Open Data in India: Where's the data anyway?

Swati Ramanathan and I collaborated on this post for the Open Government Partnership Blog:

India is an increasingly relevant example when making a case for open data in governance in developing countries. The passage of the Right to Information Act (RTI) in 2005 is a milestone in the changing face of the citizen-government relationship. It also sets the stage for India to move towards more transparency and accountability in governance.

In this increasing clamor for Open Data in governance in India, the Communications & IT Minister Kapil Sibal made an interesting observation,

WHO OWNS DATA? WHO OWNS WHAT DATA? WHAT IS THE DATA THAT CAN BE OWNED BY INDIVIDUALS? WHAT KIND OF DATA CAN BE PUT IN THE PUBLIC DOMAIN WITHOUT COMPROMISING PRIVACY? THESE ARE QUESTIONS THAT GOVERNMENTS ARE GRAPPLING WITH. DATA BELONGS TO ALL OF US. THE QUICKER WE REALIZE THAT, THE BETTER FOR ALL OF US, BECAUSE GOVERNMENTS AND CITIZENS CAN COLLABORATE.

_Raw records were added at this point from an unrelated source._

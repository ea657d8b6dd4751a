//! The places of elements, with what is made there. Page `docs/GRAPH.md`, "The graph of a flat program".

ghost use Rattle.std.specs.Prelude.{◌≡◌, ◌≤◌, ◌++◌, ◌-◌, [], ◌∷◌, ◌<◌, ◌^◌, length, map, IfOk, OnOk};
ghost use Rattle.fix_word.specs.declared.operation.Op.TheVariants as op;
ghost use Rattle.signal_graph.specs.Rules.{width_of, plain};
ghost use Rattle.signal_graph.specs.Flat as flat_program;
ghost use Rattle.signal_graph.specs.Flat.{view, view_expr, view_body};
ghost use Rattle.signal_graph.specs.Expressions.{view_exprs};
ghost use Rattle.signal_graph.specs.GraphOf as place_of;
ghost use Rattle.signal_graph.specs.GraphOf.{sites};
ghost use Rattle.flow_graph.specs.Private.Delayed.{TellsDelayed};
ghost use Rattle.flow_graph.specs.Private.Sites.{view_operand, view_made, view_site, Extends, AddsSite, AddsPlaces, AddsParts, passes, made_of};

use fix_word::{Format, Mode, Op, SigType};
use lists::List;
use short_lists::ShortList;
use signal_graph::{FlatBody, FlatElem, FlatExpr, FlatProgram};
use std::alloc::{AllocError, AllocFailed, Global};

/// What an operand of a node names.
#[derive(Clone, Copy)]
pub(crate) enum Operand {
    /// The node of a raw word.
    Number(i64),
    /// The node at another place of the same element.
    Place(usize),
    /// The node of an element, with a delay.
    Element { elem: u32, delay: u16 },
}

impl Default for Operand {
    /// What stands in a short list behind its operands.
    fn default() -> Operand {
        Operand::Place(0)
    }
}

/// For how many operands a place has room in itself.
const PORTS: usize = 3;

/// The operands of a node.
pub(crate) type Operands = ShortList<Operand, PORTS>;

/// What is made at a place.
#[derive(Drop)]
pub(crate) enum Made {
    /// Nothing, for a read.
    Nothing,
    /// A constant, unless its word was met before.
    Constant(i64),
    Input(u8),
    Operation {
        op: Op,
        fmt: Format,
        operands: Operands,
    },
}

/// A place, with what is made there.
#[derive(Drop)]
pub(crate) struct Site {
    pub(crate) elem: u32,
    pub(crate) place: usize,
    pub(crate) made: Made,
}

/// Adds a place of an element whose places begin at `start`.
fn add_site(sites: &mut List<Site>, elem: u32, start: usize, made: Made) -> Result<(), AllocError>
    requires { start ≤ length sites.old }
    ensures { OnOk result (AddsSite sites.old elem start (view_made made) sites.new) }
{
    let place = sites.len() - start;
    sites.push(Site { elem, place, made })?;
    Ok(())
}

/// Adds the places of an expression. Returns the operand that it is. Inlined where the parts of an operation are gone
/// through, so that raw words and reads take no call.
#[cycle(places)]
#[inline(always)]
fn add_places(
    alloc: Global,
    sites: &mut List<Site>,
    elem: u32,
    start: usize,
    value: &FlatExpr,
) -> Result<Operand, AllocError>
    requires { start ≤ length sites.old }
    ensures { IfOk result (AddsPlaces sites.old elem start (view_expr value.now) sites.new) }
{
    match value {
        FlatExpr::Raw(word) => {
            add_site(sites, elem, start, Made::Constant(*word))?;
            Ok(Operand::Number(*word))
        }
        FlatExpr::Read { elem: read, delay } => {
            add_site(sites, elem, start, Made::Nothing)?;
            Ok(Operand::Element {
                elem: *read,
                delay: *delay,
            })
        }
        FlatExpr::Node { op, fmt, parts } => {
            let operands = add_parts(alloc, sites, elem, start, parts)?;
            let place = sites.len() - start;
            let made = Made::Operation {
                op: *op,
                fmt: *fmt,
                operands,
            };
            add_site(sites, elem, start, made)?;
            Ok(Operand::Place(place))
        }
    }
}

/// Adds the places of the parts of an operation. Returns the operands that they are.
#[cycle(places)]
#[inline(never)]
fn add_parts(
    alloc: Global,
    sites: &mut List<Site>,
    elem: u32,
    start: usize,
    parts: &[FlatExpr],
) -> Result<Operands, AllocError>
    requires { start ≤ length sites.old }
    ensures { IfOk result (AddsParts sites.old elem start (view_exprs parts.now) sites.new) }
{
    let mut operands = Operands::new(alloc);
    for part in parts {
        let operand = add_places(alloc, sites, elem, start, part)?;
        operands.push(operand)?;
    }
    Ok(operands)
}

/// Whether a Pass follows the value of an element that is read with a delay or not.
fn has_pass(value: &FlatExpr, is_delayed: bool) -> bool
    ensures { result ≡ passes is_delayed (view_expr value.now) }
{
    match value {
        FlatExpr::Raw(_) => is_delayed,
        FlatExpr::Read { delay, .. } => *delay > 0 || is_delayed,
        FlatExpr::Node { .. } => false,
    }
}

/// The bits of a type's words.
pub(crate) fn bits(ty: SigType) -> u8
    ensures { result ≡ width_of ty }
{
    match ty {
        SigType::Fix(ty) => ty.shape.w,
        SigType::Bool => 2,
    }
}

/// Adds the place of a Pass.
fn add_pass(
    alloc: Global,
    sites: &mut List<Site>,
    elem: u32,
    start: usize,
    width: u8,
    operand: Operand,
) -> Result<(), AllocError>
    requires { start ≤ length sites.old }
    ensures { OnOk result (AddsSite sites.old elem start
        (place_of.operation op.Pass (plain width) (view_operand operand ∷ [])) sites.new) }
{
    let mut operands = Operands::new(alloc);
    operands.push(operand)?;
    let made = Made::Operation {
        op: Op::Pass,
        fmt: Format {
            shift: 0,
            mode: Mode::Trunc,
            width,
        },
        operands,
    };
    add_site(sites, elem, start, made)
}

/// Adds the places of an element with this value.
fn add_value(
    alloc: Global,
    sites: &mut List<Site>,
    elem: u32,
    ty: SigType,
    value: &FlatExpr,
    is_delayed: bool,
) -> Result<(), AllocError>
    ensures { OnOk result (Extends sites.old elem (length sites.old)
        (made_of is_delayed (width_of ty) (flat_program.value (view_expr value.now))) sites.new) }
{
    let start = sites.len();
    let operand = add_places(alloc, sites, elem, start, value)?;
    if has_pass(value, is_delayed) {
        add_pass(alloc, sites, elem, start, bits(ty), operand)?;
    }
    Ok(())
}

/// Adds the places of an element.
fn add_element(
    alloc: Global,
    sites: &mut List<Site>,
    elem: u32,
    element: &FlatElem,
    is_delayed: bool,
) -> Result<(), AllocError>
    ensures { OnOk result (Extends sites.old elem (length sites.old)
        (made_of is_delayed (width_of element.now.ty) (view_body element.now.body)) sites.new) }
{
    match &element.body {
        FlatBody::Word(word) => {
            let start = sites.len();
            add_site(sites, elem, start, Made::Input(*word))
        }
        FlatBody::Value(value) => add_value(alloc, sites, elem, element.ty, value, is_delayed),
    }
}

/// The places of all elements. The table says which are read with a delay.
pub(crate) fn sites_of(
    alloc: Global,
    flat: &FlatProgram,
    delayed: &[bool],
) -> Result<List<Site>, AllocError>
    requires few { length (view flat.now).elems < 2 ^ 32 }
    requires delayed { TellsDelayed (view flat.now) delayed.now }
    ensures { IfOk result (λ list. map view_site list ≡ sites (view flat.now)) }
{
    let mut list = List::new(alloc);
    for elem in 0..flat.elems.len() {
        add_element(
            alloc,
            &mut list,
            elem as u32,
            &flat.elems[elem],
            delayed[elem],
        )?;
    }
    Ok(list)
}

Before we move towards a discussion on open data and Bribe Data on I Paid a Bribe in particular, we need to reiterate the questions: Who has the data? Where is the data? What type of data do we have?

In India, efforts are made towards collection of data on a national, state and district level. However, the current state of infrastructure within government for data collection, aggregation and data processing are not robust enough. Even when collected in a systematic and timely manner, there is little to no standardization and consistency across methodologies.

There is also a dearth in understanding of standardization of data formats. Most times data from a decade ago is still available in paper form and though digitization processes are underway, these are both time and resource consuming.

Insufficient standardization and consistency practices prove to be challenging at two levels: Systemic and Semantic. Where there might be systemic standardization through formats and software standards, there is the larger problem of semantic compatibility. Different departments use varying terminologies for the same data, gather different information under the same blanket terminology, etc. For example, Land registration records maintained by Registration Departments are maintained differently in each state.

Most times there is also no clear understanding of what open standards are and the reasons behind choosing these. Privacy and the maintenance of anonymity wherever required is another challenge. When data is available publicly, it is difficult to locate, limited in its scope and is not readily accessible.

With such large gaps in our primary data, we can’t get into the minutiae of data. In most developed countries, government supports research that’s engrossed in detail. In India, the picture is very different: Where is the primary data? Who collects the primary data?

While everyone waits for government to put in place systemic efforts to open data, randomized sampling is one method most non-government organizations adopt in their data collection methods. The other innovative model is the Wikipedia-like crowd-sourcing model. Crowd-sourcing combined with social motivation can be a powerful data collection tool at the grassroot level.

A report by the Internet and Mobile Association of India (IAMAI) found that about 10% of India – about 112 million users in a country of 1.2 billion have access to Internet. Through a simple interface on the web and mobile platforms, I Paid a Bribe addresses concerns about both scale and relevance.

With ipaidabribe.com, the focus is not so much on big-ticket corruption or ‘wholesale’ corruption, but more on petty corruption – what we call ‘retail’ corruption. This is kind of corruption that confronts ordinary citizens in their daily lives when they’re not able to avail of services they are legitimately entitled to- getting a driver’s license, a birth certificate, registering a purchase of property and so on.

When Janaagraha started I Paid a Bribe the most staggering revelation was the lack of data on bribes and corruption in the country. Retail Corruption is a large and real problem in India, but there is no data on its size or range – almost all of it is shared anecdotally!

Through the platform, we have so far collected geographical, bribe amount and bribe details data. We now have more than 20,000 reports from over 484 cities in India. The goal of this structured and relevant repository of data is to enable stakeholders – the citizens and the government- to analyze trends, decipher workflows and re-engineer business processes within government departments.

By allowing users to participate in data collection and by providing a platform to engage with this data, I Paid a Bribe balances the role of the government and the citizen in a democracy. In this manner, the onus of locating and collecting information now doesn’t solely depend on the government. It also subliminally places responsibility for change on the citizen too.